Thermally activated tunable auxeticity in periodic lattice structures

摘要

Auxetic lattice structures, characterized by a negative Poisson’s ratio, are advantageous in a variety of fields such as sports, architecture, soft robotics, and bio-medical devices. The auxeticity stems from the topology and the geometry of the struts. Currently, many well-known auxetic unit cells available in literature are employed to enhance performance. In this work, we propose a design concept for smart structures that transition from non-auxetic to auxetic through thermal excitation. We consider two infinitely periodic lattices - a square lattice and a triangular lattice - comprising bi-layer struts with different thermo-mechanical properties. Thermal excitation leads to the bending of the struts, thereby changing the conformation of the lattice and inducing an auxetic response. By employing moderate rotations theory, we develop tools that enable one to determine the thermally-induced deformations.

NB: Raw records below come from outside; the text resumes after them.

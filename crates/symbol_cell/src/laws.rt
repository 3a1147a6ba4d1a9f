// Laws of the sizes.
ghost use Rattle.std.specs.Prelude.{◌*◌, ◌≤◌};
ghost use Rattle.std.specs.List.{sum_by};
ghost use Rattle.bddl_model.specs.Board.{SizedBoard};
ghost use Rattle.bddl_model.specs.Layout.{anchor_bits};
ghost use Rattle.bddl_model.specs.Limits.{IsBoard, IsBoardOf};
ghost use Rattle.symbol_cell.specs.Starts.{filled, cell_gates};
ghost use Rattle.symbol_cell.specs.Steps.{step_gates};

use bddl_model::Side;
use grid_game::Game;

/// A law: how many gates the start and a step take at most, in every game.
pub fn takes_few_gates(game: &Game)
    ensures start { (board : SizedBoard) → IsBoard board → IsBoardOf game.now board → cell_gates (anchor_bits game.now) * sum_by filled board.marks ≤ 114688 }
    ensures step { (side : Side) → step_gates game.now side ≤ 17280 }
{
    game.keeps_the_limits();
}
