// The texts of certificates, read and written.
use bddl_model::CertReadFault;
use cert_text::{read_cert, write_cert};
use io_edge::{MemorySink, SinkEnd, SteadySink};
use std::alloc::Global;
use std::process::Abort;
use std::test::Fail;

const TREE: &[u8] =
    b"bddlcert 1 8\nb 0 1 1\nw 3 0 2 1 0 1 2 0 2 2\nb 0 1 2\ng\nb 0 2 1\ng\nb 0 2 1\ng\n";

const NUMBERED_TREE: &[u8] =
    b"bddlcert 2 8\nb 0 1 1 1\nw 3 0 2 1 2 0 1 2 4 0 2 2 6\nb 0 1 2 3\ng\nb 0 2 1 5\ng\nb 0 2 1 7\ng\n";

const SHARED: &[u8] =
    b"bddlcert 2 5\nw 2 9 1 2 1 9 3 4 2\nb 0 2 1 3\nb 999999999 2 1 3\nw 1 0 0 0 4\nw 0\n";

// Reads the text, and compares what is written of its nodes.
fn assert_says(rt: &impl Abort, alloc: Global, text: &[u8], written: &[u8]) {
    let mut sink = SteadySink::new(alloc);
    match read_cert(alloc, text) {
        Ok(nodes) => assert_eq!(rt; write_cert(nodes.as_slice(), &mut sink), Ok(())),
        Err(fault) => panic!(rt; "{fault:?}"),
    }
    assert_eq!(rt; sink.bytes(), written);
}

fn assert_fails(rt: &impl Abort, alloc: Global, cases: &[(&str, CertReadFault)]) {
    for (text, want) in cases {
        match read_cert(alloc, text.as_bytes()) {
            Ok(_) => panic!(rt; "read: {text}"),
            Err(fault) => assert_eq!(rt; fault, *want, "of {text}"),
        }
    }
}

#[test]
fn nodes_are_read_and_written(rt: HostRuntime) {
    assert_says(&rt, rt.alloc(), TREE, NUMBERED_TREE);
    assert_says(&rt, rt.alloc(), NUMBERED_TREE, NUMBERED_TREE);
    assert_says(&rt, rt.alloc(), SHARED, SHARED);
    assert_says(&rt, rt.alloc(), b"bddlcert 1 1\ng\n", b"bddlcert 2 1\ng\n");
}

#[test]
fn texts_without_a_header_are_told(rt: HostRuntime) {
    for text in [
        "",
        "bddlcert 1",
        "bddlcert 3 1\ng\n",
        "bddlcert 2 0\n",
        "bddlcert 1 01\ng\n",
        "bddlcert  1 1\ng\n",
        "bddlcert 1 1 \ng\n",
        "bddlcert 1 18446744073709551616\ng\n",
        "Bddlcert 1 1\ng\n",
    ] {
        assert_fails(&rt, rt.alloc(), &[(text, CertReadFault::NotHeader)]);
    }
}

#[test]
fn lines_that_are_none_are_told(rt: HostRuntime) {
    for line in [
        "\n",
        "g",
        "g \n",
        "b 0 1 1 2",
        "b 0 1 1\n",
        "b 0 1 1 2 3\n",
        "b 00 1 1 2\n",
        "b +0 1 1 2\n",
        "b 1000000000 1 1 2\n",
        "b 0 1 1 18446744073709551616\n",
        "w\n",
        "w 1\n",
        "w 1 0 1 1 2 0 1 1 3\n",
        "w 1 0 1 1 2\r\n",
        "g\r\n",
    ] {
        let mut text = String::new(rt.alloc());
        let _ = text.push_str("bddlcert 2 9\nb 0 1 1 1\n");
        let _ = text.push_str(line);
        assert_fails(
            &rt,
            rt.alloc(),
            &[(&text, CertReadFault::NotALine { node: 1 })],
        );
    }
}

#[test]
fn ends_and_counts_are_told(rt: HostRuntime) {
    assert_fails(
        &rt,
        rt.alloc(),
        &[
            ("bddlcert 2 1\n", CertReadFault::EndsEarly { node: 0 }),
            (
                "bddlcert 1 1\nb 0 1 1\n",
                CertReadFault::EndsEarly { node: 1 },
            ),
            (
                "bddlcert 2 2\nb 0 1 1 1\ng\n\n",
                CertReadFault::Unused { node: 2 },
            ),
            ("bddlcert 1 9\ng\ng\n", CertReadFault::Unused { node: 1 }),
            (
                "bddlcert 1 0\ng\n",
                CertReadFault::CountDiffers { said: 0, found: 1 },
            ),
            (
                "bddlcert 1 18446744073709551615\nb 0 1 1\ng\n",
                CertReadFault::CountDiffers {
                    said: 18446744073709551615,
                    found: 2,
                },
            ),
        ],
    );
}

#[test]
fn numbers_of_next_nodes_are_told(rt: HostRuntime) {
    assert_fails(
        &rt,
        rt.alloc(),
        &[
            (
                "bddlcert 2 2\nb 0 1 1 0\ng\n",
                CertReadFault::BadNext { node: 0 },
            ),
            (
                "bddlcert 2 3\nb 0 1 1 1\nw 2 0 1 1 2 0 1 2 3\ng\n",
                CertReadFault::BadNext { node: 1 },
            ),
            (
                "bddlcert 2 4\nb 0 1 1 2\ng\nb 0 1 1 3\ng\n",
                CertReadFault::NotReached { node: 1 },
            ),
            (
                "bddlcert 2 4\nb 0 1 1 1\nb 0 1 1 2\ng\ng\n",
                CertReadFault::NotReached { node: 3 },
            ),
        ],
    );
}

#[test]
fn a_sink_that_fails_has_a_front(rt: HostRuntime) -> Result<(), Fail> {
    let Ok(nodes) = read_cert(rt.alloc(), SHARED) else {
        panic!(&rt; "not read");
    };
    for kept in [0, 7, 100] {
        let mut sink = MemorySink::new(rt.alloc());
        sink.fail_at(1, kept)?;
        assert_eq!(rt;
            write_cert(nodes.as_slice(), &mut sink),
            Err(SinkEnd::Failed)
        );
        assert_eq!(rt;
            Some(sink.bytes()),
            SHARED.get(..(kept as usize).min(SHARED.len()))
        );
    }
    Ok(())
}

// A million nodes, in both versions.
#[test]
fn a_large_text_is_read(rt: HostRuntime) -> Result<(), Fail> {
    let mut text = String::new(rt.alloc());
    text.push_str("bddlcert 1 10000\n")?;
    for _ in 0..3333 {
        text.push_str("b 12 345 678\nw 2 12 345 678 9 10 11\ng\n")?;
    }
    text.push_str("g\n")?;
    let mut numbered = SteadySink::new(rt.alloc());
    match read_cert(rt.alloc(), text.as_bytes()) {
        Ok(nodes) => {
            assert_eq!(rt; nodes.as_slice().len(), 10000);
            assert_eq!(rt; write_cert(nodes.as_slice(), &mut numbered), Ok(()));
        }
        Err(fault) => panic!(&rt; "{fault:?}"),
    }
    assert_says(&rt, rt.alloc(), numbered.bytes(), numbered.bytes());
    Ok(())
}
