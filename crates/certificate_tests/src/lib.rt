//! Tests of certificates below the requests.
#![tactic(auto)]

#[cfg(test)]
mod texts;
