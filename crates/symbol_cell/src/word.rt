// Words of inputs.
ghost use Rattle.std.specs.Prelude.{◌+◌, ◌≤◌, IfOk};
ghost use Rattle.symbol_cell.specs.Coded.{Carries};

use bddl_model::{NoMemory, Span, Wire};
use circuit_dag::Dag;
use std::alloc::Global;

/// The wires of a span's inputs, in their order.
pub fn input_word(alloc: Global, dag: &Dag, span: Span) -> Result<Vec<Wire>, NoMemory>
    requires first { 1 ≤ span.from }
    requires last { span.from + span.len ≤ dag.now.inputs + 1 }
    ensures { IfOk result (λ word. Carries dag.now span word.items) }
{
    dag.keeps_its_order();
    let mut word = Vec::with_capacity(alloc, span.len as usize)?;
    'inputs: for i in 0..span.len {
        word.push(dag.input(span.from + i))?;
    }
    Ok(word)
}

Next, using finite element (FE) simulations, we investigate the dependence of the Poisson’s ratio and the response of the lattice on the geometry, the layer properties, and the applied thermal excitation. We show that temperature can be used to control the Poisson’s ratio over a wide range, which depends on the lattice topology. Specifically, periodic square lattices can achieve Poisson’s ratios between 0 to − 0 . 8 , and triangular lattices can switch between auxetic and non-auxetic behavior. The findings from this work can be used to design lattices with different topologies that exhibit a wide range of Poisson’s ratios and responses, which include transitions from auxetic to non-auxetic. • Design concept for thermally activated periodic lattices that transition from non-auxetic to auxetic. • Simulations showing a wide range of Poisson’s ratios that can be achieved using thermal excitation in periodic lattices. • Analytical equations that enable inverse design of the response of lattice structures via temperature. • Findings can be used to thermally induce a wide range of behaviors in lattice structures.